• **Your assignment**:
Wherever a line of the records contains "their", copy that line.

• **Provided records**:

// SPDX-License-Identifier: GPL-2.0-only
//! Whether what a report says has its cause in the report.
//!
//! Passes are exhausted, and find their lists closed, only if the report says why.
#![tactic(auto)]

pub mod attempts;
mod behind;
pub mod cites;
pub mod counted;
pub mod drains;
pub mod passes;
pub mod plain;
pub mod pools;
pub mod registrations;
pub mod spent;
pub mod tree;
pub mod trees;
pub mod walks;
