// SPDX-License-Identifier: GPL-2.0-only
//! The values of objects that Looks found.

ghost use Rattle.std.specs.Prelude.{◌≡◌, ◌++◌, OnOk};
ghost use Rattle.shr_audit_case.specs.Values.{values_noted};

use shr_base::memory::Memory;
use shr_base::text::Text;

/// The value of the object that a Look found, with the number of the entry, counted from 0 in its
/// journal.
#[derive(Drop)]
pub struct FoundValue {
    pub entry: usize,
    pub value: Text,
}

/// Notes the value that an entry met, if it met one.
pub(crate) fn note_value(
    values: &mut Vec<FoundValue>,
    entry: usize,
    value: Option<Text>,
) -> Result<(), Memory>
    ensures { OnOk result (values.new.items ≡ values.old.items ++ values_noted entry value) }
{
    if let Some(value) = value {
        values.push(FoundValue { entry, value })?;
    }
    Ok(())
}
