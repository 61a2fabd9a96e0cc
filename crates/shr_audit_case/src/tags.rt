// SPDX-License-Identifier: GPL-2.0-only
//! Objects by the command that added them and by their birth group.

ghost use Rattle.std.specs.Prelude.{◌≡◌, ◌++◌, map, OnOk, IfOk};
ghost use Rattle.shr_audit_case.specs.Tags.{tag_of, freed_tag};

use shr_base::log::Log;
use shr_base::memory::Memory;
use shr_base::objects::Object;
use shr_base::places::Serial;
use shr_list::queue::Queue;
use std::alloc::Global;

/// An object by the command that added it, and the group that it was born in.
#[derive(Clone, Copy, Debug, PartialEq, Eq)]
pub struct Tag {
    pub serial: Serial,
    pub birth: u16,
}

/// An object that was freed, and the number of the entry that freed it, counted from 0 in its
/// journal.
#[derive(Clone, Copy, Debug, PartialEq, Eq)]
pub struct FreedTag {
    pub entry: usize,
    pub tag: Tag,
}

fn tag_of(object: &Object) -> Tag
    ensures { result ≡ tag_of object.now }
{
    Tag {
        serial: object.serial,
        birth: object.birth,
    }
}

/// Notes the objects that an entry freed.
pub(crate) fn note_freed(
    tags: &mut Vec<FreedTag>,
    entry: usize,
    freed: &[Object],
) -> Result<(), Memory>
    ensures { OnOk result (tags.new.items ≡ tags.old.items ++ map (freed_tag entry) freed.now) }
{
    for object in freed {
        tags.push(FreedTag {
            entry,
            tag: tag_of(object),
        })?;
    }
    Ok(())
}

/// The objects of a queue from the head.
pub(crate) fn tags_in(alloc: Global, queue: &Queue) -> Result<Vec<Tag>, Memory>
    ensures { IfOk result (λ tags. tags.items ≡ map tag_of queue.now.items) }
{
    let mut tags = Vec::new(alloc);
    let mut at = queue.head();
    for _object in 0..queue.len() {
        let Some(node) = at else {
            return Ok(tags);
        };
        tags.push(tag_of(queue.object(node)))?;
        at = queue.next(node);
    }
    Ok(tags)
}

• **Exercise output**:
//! Passes are exhausted, and find their lists closed, only if the report says why.
//! Objects by the command that added them and by their birth group.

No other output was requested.